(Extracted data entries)
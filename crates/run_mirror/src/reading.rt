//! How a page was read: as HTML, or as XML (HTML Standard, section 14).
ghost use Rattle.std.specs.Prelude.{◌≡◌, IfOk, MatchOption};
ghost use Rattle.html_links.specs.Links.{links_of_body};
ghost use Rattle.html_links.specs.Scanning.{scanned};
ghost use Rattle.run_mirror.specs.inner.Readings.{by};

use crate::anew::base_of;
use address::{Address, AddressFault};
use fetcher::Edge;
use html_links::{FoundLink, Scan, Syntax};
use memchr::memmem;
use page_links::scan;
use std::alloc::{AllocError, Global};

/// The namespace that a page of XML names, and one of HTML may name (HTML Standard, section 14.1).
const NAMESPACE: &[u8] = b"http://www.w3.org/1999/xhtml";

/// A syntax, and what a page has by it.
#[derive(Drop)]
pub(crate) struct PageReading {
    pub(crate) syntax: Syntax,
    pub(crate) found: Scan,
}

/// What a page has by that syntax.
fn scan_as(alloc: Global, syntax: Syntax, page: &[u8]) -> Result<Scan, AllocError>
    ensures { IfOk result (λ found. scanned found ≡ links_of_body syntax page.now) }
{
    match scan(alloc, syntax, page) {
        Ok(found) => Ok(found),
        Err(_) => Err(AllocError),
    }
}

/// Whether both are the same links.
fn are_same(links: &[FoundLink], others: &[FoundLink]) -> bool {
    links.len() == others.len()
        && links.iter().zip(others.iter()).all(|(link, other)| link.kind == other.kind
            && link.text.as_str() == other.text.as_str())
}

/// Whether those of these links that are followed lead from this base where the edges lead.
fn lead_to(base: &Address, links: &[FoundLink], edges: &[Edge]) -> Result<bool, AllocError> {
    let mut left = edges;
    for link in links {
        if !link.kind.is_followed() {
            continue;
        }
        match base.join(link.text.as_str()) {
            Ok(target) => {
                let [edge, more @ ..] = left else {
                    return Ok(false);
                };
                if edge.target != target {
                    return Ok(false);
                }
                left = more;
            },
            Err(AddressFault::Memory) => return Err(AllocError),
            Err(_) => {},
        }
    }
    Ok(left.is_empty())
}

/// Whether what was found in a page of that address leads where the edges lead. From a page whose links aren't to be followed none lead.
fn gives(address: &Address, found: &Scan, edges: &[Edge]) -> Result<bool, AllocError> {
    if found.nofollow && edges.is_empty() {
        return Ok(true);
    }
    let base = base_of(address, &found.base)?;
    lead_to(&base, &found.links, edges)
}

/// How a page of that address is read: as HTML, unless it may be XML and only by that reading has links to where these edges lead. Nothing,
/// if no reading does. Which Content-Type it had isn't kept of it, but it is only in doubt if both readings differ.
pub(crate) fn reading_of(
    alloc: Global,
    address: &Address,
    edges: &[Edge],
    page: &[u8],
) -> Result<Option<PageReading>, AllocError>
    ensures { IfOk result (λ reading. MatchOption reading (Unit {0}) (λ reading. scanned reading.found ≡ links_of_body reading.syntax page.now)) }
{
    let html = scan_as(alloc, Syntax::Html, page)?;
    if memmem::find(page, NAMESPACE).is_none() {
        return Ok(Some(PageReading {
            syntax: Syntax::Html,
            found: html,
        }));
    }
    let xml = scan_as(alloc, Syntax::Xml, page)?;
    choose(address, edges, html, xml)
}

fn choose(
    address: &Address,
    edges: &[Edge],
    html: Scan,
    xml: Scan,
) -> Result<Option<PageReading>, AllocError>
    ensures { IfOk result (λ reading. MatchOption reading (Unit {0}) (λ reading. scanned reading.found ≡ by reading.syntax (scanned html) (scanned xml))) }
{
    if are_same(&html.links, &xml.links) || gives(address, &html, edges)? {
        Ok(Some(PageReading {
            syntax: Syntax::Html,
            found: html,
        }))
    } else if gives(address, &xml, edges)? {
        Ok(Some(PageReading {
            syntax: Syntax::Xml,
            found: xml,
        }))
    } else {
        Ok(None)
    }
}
* * *
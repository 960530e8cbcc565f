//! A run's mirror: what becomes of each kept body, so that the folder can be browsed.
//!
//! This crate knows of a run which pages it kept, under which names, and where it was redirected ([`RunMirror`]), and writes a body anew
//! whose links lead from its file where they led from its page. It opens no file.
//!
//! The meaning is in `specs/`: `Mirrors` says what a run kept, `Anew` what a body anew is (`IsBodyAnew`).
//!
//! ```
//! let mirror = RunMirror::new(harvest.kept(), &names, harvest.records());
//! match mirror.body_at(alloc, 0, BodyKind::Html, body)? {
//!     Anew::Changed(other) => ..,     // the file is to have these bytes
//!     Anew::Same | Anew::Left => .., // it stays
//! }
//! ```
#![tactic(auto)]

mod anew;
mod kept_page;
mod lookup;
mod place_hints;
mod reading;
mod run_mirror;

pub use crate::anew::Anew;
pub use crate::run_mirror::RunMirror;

§ WORK TO COMPLETE: Both the line containing "links.len() == others.len()" and the line containing "base where the edges lead." belong in the answer. Print them and every line above that falls between them exactly, and no others.

§ ANSWER SPACE:
    links.len() == others.len()
        && links.iter().zip(others.iter()).all(|(link, other)| link.kind == other.kind
            && link.text.as_str() == other.text.as_str())
}

/// Whether those of these links that are followed lead from this base where the edges lead.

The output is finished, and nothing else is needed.